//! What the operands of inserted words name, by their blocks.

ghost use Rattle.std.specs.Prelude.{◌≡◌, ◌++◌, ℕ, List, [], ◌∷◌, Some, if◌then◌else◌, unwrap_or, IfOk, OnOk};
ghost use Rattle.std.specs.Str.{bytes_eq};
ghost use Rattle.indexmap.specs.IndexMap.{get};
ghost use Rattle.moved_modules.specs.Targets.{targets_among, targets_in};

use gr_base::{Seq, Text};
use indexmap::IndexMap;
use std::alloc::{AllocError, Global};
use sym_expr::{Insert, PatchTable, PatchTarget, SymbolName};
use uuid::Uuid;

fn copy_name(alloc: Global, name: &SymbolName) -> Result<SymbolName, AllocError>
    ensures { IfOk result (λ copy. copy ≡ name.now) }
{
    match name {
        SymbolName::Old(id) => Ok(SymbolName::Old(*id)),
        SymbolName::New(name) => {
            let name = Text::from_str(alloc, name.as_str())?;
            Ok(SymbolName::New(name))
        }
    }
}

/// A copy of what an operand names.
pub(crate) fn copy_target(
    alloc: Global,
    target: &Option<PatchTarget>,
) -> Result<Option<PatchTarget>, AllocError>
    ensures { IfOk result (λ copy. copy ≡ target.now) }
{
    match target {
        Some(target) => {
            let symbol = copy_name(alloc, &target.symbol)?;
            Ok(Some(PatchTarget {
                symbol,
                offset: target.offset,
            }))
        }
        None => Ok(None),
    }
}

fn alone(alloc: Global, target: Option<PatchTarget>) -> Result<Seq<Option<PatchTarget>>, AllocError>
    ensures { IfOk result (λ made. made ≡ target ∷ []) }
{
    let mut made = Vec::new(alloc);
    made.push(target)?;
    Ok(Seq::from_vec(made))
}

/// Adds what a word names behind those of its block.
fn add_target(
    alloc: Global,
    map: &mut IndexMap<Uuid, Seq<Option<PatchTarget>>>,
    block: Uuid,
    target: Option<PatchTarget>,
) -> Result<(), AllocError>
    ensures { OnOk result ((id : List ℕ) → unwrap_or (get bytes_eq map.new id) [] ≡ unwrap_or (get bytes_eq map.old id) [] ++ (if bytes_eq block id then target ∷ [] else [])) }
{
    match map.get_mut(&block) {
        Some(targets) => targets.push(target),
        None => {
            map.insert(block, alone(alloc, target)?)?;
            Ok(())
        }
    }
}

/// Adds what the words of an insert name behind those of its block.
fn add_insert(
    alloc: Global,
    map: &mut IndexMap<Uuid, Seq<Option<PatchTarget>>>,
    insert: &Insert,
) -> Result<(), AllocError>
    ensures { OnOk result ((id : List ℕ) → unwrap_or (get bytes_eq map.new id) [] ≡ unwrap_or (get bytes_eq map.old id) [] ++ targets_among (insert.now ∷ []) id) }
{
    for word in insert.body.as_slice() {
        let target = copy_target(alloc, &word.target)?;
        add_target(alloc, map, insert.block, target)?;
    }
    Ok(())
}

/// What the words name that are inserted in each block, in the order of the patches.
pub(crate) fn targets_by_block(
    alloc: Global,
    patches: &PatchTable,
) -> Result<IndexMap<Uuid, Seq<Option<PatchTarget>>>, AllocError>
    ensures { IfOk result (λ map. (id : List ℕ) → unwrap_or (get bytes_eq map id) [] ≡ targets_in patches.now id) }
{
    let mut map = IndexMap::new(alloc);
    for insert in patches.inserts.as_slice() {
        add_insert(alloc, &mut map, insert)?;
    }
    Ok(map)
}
——
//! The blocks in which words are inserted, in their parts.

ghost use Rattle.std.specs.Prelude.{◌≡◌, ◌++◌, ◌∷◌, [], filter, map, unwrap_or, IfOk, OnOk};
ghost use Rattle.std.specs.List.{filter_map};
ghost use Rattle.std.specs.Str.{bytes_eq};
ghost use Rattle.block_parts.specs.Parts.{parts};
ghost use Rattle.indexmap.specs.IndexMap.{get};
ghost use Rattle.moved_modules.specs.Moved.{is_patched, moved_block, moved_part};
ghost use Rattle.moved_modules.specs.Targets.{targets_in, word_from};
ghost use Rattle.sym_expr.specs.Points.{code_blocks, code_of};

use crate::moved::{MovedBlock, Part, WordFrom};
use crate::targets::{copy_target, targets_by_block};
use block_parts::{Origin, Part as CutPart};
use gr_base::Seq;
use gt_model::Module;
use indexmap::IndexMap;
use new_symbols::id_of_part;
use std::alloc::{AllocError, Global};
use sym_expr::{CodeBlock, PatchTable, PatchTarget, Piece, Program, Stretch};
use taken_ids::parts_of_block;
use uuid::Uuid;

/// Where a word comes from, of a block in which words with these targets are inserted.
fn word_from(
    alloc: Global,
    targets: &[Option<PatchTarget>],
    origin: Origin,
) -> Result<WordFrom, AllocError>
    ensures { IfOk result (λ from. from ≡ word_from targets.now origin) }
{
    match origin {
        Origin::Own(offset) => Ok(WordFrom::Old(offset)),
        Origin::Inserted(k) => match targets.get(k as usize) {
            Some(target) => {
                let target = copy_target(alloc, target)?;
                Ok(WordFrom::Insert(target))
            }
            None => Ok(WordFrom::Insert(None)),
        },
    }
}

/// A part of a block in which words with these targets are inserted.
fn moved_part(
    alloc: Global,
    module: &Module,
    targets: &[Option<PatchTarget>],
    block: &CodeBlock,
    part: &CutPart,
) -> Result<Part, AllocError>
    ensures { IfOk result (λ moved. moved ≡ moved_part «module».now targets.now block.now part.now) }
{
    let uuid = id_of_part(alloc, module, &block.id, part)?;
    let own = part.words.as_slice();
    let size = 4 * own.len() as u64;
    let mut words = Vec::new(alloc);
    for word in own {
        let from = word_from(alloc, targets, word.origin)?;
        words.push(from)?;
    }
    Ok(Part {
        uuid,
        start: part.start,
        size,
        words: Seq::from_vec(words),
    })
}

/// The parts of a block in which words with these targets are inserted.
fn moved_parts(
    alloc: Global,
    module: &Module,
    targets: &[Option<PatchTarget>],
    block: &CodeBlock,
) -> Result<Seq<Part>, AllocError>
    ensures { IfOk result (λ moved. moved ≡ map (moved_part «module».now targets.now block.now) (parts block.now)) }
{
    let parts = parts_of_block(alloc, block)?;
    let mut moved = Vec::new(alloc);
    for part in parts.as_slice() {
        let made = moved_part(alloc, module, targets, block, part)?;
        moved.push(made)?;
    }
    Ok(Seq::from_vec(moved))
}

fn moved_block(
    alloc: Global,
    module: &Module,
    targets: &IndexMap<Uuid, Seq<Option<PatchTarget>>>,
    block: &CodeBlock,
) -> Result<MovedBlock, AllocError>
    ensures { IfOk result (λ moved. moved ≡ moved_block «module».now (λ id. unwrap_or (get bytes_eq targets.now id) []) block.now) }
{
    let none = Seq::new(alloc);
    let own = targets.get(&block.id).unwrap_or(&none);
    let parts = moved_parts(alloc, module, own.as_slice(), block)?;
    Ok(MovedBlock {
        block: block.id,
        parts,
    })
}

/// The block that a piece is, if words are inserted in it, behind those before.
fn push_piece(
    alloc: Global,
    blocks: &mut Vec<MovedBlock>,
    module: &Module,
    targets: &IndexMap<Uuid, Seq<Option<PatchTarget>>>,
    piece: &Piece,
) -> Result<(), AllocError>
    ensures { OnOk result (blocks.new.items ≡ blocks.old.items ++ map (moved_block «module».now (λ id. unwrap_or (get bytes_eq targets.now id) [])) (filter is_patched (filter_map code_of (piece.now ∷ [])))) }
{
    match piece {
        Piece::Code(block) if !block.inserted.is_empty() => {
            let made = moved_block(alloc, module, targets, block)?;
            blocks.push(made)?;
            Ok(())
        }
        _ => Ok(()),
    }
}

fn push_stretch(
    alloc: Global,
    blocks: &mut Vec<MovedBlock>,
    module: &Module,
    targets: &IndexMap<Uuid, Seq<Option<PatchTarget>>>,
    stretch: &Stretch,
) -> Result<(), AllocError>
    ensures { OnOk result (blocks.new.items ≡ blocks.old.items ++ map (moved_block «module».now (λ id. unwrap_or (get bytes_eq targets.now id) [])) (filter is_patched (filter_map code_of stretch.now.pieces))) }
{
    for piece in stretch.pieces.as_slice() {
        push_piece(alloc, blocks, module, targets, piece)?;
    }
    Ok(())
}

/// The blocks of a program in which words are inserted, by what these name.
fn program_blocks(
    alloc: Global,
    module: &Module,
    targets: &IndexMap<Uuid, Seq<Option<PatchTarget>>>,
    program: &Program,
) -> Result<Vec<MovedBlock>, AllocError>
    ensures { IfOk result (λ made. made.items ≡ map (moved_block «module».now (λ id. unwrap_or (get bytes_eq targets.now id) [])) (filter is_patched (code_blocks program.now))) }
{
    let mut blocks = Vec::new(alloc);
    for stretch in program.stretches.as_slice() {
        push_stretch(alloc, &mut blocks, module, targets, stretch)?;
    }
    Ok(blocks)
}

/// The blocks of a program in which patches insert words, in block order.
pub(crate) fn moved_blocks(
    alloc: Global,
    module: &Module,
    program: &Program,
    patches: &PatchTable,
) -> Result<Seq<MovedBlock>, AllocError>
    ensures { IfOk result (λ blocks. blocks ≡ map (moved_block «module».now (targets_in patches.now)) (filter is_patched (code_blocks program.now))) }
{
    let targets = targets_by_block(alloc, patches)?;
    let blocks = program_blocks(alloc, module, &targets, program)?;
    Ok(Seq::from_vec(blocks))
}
——
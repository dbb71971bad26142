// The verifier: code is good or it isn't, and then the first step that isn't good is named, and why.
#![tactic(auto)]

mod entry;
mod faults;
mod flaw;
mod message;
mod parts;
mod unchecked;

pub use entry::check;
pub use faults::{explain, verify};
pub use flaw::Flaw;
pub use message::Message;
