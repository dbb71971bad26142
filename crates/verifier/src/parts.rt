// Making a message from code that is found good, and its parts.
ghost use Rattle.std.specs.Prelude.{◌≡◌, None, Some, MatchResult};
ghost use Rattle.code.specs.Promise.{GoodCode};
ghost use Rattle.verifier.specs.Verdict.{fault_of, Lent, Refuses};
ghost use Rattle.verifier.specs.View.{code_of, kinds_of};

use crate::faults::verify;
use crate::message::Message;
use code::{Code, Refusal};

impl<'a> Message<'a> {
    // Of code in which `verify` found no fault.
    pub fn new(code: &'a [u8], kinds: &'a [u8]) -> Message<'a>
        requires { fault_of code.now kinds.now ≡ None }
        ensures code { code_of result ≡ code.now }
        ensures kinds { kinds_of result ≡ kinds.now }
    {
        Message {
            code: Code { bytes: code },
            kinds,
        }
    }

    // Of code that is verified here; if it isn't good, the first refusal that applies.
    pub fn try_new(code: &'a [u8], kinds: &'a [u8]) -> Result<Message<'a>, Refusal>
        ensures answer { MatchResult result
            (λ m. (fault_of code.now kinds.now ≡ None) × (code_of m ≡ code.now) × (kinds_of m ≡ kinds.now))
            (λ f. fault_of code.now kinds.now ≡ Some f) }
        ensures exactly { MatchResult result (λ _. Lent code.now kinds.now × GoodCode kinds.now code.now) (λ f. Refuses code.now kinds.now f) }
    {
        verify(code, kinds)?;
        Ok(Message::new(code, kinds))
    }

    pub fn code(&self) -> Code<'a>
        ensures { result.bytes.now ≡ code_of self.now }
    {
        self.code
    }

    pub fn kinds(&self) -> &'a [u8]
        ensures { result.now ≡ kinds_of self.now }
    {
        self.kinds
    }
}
——
#### [What is needed]
Each line in the listing above that includes the word "OnOk" needs to be copied out.

#### [Written answer]
ghost use Rattle.std.specs.Prelude.{◌≡◌, ◌++◌, ℕ, List, [], ◌∷◌, Some, if◌then◌else◌, unwrap_or, IfOk, OnOk};
    ensures { OnOk result ((id : List ℕ) → unwrap_or (get bytes_eq map.new id) [] ≡ unwrap_or (get bytes_eq map.old id) [] ++ (if bytes_eq block id then target ∷ [] else [])) }
    ensures { OnOk result ((id : List ℕ) → unwrap_or (get bytes_eq map.new id) [] ≡ unwrap_or (get bytes_eq map.old id) [] ++ targets_among (insert.now ∷ []) id) }
ghost use Rattle.std.specs.Prelude.{◌≡◌, ◌++◌, ◌∷◌, [], filter, map, unwrap_or, IfOk, OnOk};
    ensures { OnOk result (blocks.new.items ≡ blocks.old.items ++ map (moved_block «module».now (λ id. unwrap_or (get bytes_eq targets.now id) [])) (filter is_patched (filter_map code_of (piece.now ∷ [])))) }
    ensures { OnOk result (blocks.new.items ≡ blocks.old.items ++ map (moved_block «module».now (λ id. unwrap_or (get bytes_eq targets.now id) [])) (filter is_patched (filter_map code_of stretch.now.pieces))) }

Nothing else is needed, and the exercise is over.